AUDUSD remains down towards the six-week low, displaying a three-day downtrend.
As it prints a three-day losing streak following a failed rebound from the six-week low, the AUDUSD accepts offers to renew intraday bottom at 0.6870.
Despite suggesting higher rates and inflation fears, RBA officials Lowe and Elis fail to rekindle their hawkish attitude.
In doing so, the Aussie pair draws cues from the Fed’s hawkish wagers while hesitantly complimenting RBA Governor Philip Lowe’s readiness for higher rates. It’s worth noting that RBA Assistant Governor (Economic) Luci Ellis’ job market concerns contribute to the Aussie pair’s negative pressure. “High inflation is destructive and corrosive,” said RBA Governor Philip Lowe in testimony to the House Economics Committee on Friday morning in Asia. The policymaker also indicated; we are not done yet on rates”.
On a related note, Federal Reserve (Fed) officials were fairly hawkish, citing solid US statistics to support the US Dollar and weigh on the AUDUSD price. Among them, St. Louis Federal Reserve President James Bullard and Cleveland Fed President Loretta Mester were the most recent to support the dollar. “Continued policy rate rises can help lock in a disinflationary trend until 2023, even with sustained growth and healthy labor markets,” said Fed hawk Bullard, “by keeping inflation expectations low.” On the same topic, Fed’s Mester indicated that the Fed will need to move over 5% and remain there for a time.

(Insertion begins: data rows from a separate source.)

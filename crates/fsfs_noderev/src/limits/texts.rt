//! Node-revisions and changed paths, all of whose paths are within their limits.
ghost use Rattle.std.specs.Prelude.{◌≡◌, OnOk, IfErr};
ghost use Rattle.fsfs_base.specs.PathTexts.{IsPath};
ghost use Rattle.fsfs_noderev.specs.Writing.{HasText, FitsSource, FitsRoot};
ghost use Rattle.fsfs_noderev.specs.Limits.{IfPast, IsSourcePast, IsRootPast, IsNodePast, IsItemPast, HasPaths, is_told};

use crate::limits::limit::{LimitError, check_path};
use crate::{ChangeItem, CopyRoot, CopySource, NodeRev};
use fsfs_base::Action;
use std::alloc::Global;

fn check_source(alloc: Global, source: &Option<CopySource>) -> Result<(), LimitError>
    ensures within { OnOk result (FitsSource source.now) }
    ensures past { IfErr result (IfPast (λ limit. IsSourcePast limit source.now)) }
{
    match source {
        None => Ok(()),
        Some(source) => check_path(alloc, &source.path),
    }
}

fn check_root(alloc: Global, root: &Option<CopyRoot>) -> Result<(), LimitError>
    ensures within { OnOk result (FitsRoot root.now) }
    ensures past { IfErr result (IfPast (λ limit. IsRootPast limit root.now)) }
{
    match root {
        None => Ok(()),
        Some(root) => check_path(alloc, &root.path),
    }
}

/// Whether the paths of a node-revision are within their limits: that at which it was made, that which it was copied from, and that
/// of its copy root. Then it has a text.
pub fn check_node(alloc: Global, node: &NodeRev) -> Result<(), LimitError>
    ensures within { OnOk result (HasText node.now) }
    ensures past { IfErr result (IfPast (λ limit. IsNodePast limit node.now)) }
{
    check_path(alloc, &node.created_path)?;
    check_source(alloc, &node.copy_from)?;
    check_root(alloc, &node.copy_root)?;
    Ok(())
}

/// Whether the paths of an item of changed paths are within their limits: its own, and that which it was copied from.
pub fn check_item(alloc: Global, item: &ChangeItem) -> Result<(), LimitError>
    ensures within { OnOk result (HasPaths item.now) }
    ensures past { IfErr result (IfPast (λ limit. IsItemPast limit item.now)) }
{
    check_path(alloc, &item.path)?;
    check_source(alloc, &item.source)?;
    Ok(())
}

/// Whether an item tells its kind, and is no delete with a flag. Then it has a text, where its paths are within their limits.
pub fn is_told(item: &ChangeItem) -> bool
    ensures { result ≡ is_told item.now }
{
    match item.action {
        Action::Delete => item.kind.is_some() && !item.text_changed && !item.props_changed,
        Action::Add => item.kind.is_some(),
        Action::Replace => item.kind.is_some(),
        Action::Modify => item.kind.is_some(),
    }
}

The decision-maker also stated that she is not ready to indicate if the Fed needs to raise interest rates further at the next policy meeting, but she does not want to surprise the markets. Data from the United States have recently pushed back calls for the Federal Reserve’s (Fed) policy shift.
However, the most recent FED WATCH report from Reuters indicates that the interest rate futures market expects US rates to peak at 5.25% by July before falling to 5.0% by the end of the year.
Strong US data boosts US Treasury bond rates and the US Dollar, weighing on the AUDUSD.
The newest US figures highlight the Producer Price Index (PPI) for January, which increased by 0.7% month on month, the largest since June.
The improvement in US Initial Jobless Claims for the week was also favorable for the US Dollar. 194K compared to 200K projected and 195K previous. Alternatively, a drop in January Housing Starts and the Philadelphia Fed Manufacturing Survey for February seems to have gotten some notice. During an interview with NBC News, US President Joe Biden launched shots at his Chinese counterpart while relaying expectations for a meeting with the Chinese leader.
Wall Street finished in the red, with the S&P 500 Futures down 0.30% intraday as of press time. It is worth noting that the US 10-year Treasury bond with the latest print of 3.86%, yields increased to the highest levels in 2023, while its two-year equivalent likewise printed slight advances to conclude the day around 4.64%, making rounds to the highest levels since November 2022. The US Dollar Index (DXY) rose to a six-week high of 104.23 before falling to 104.03 by Thursday’s close.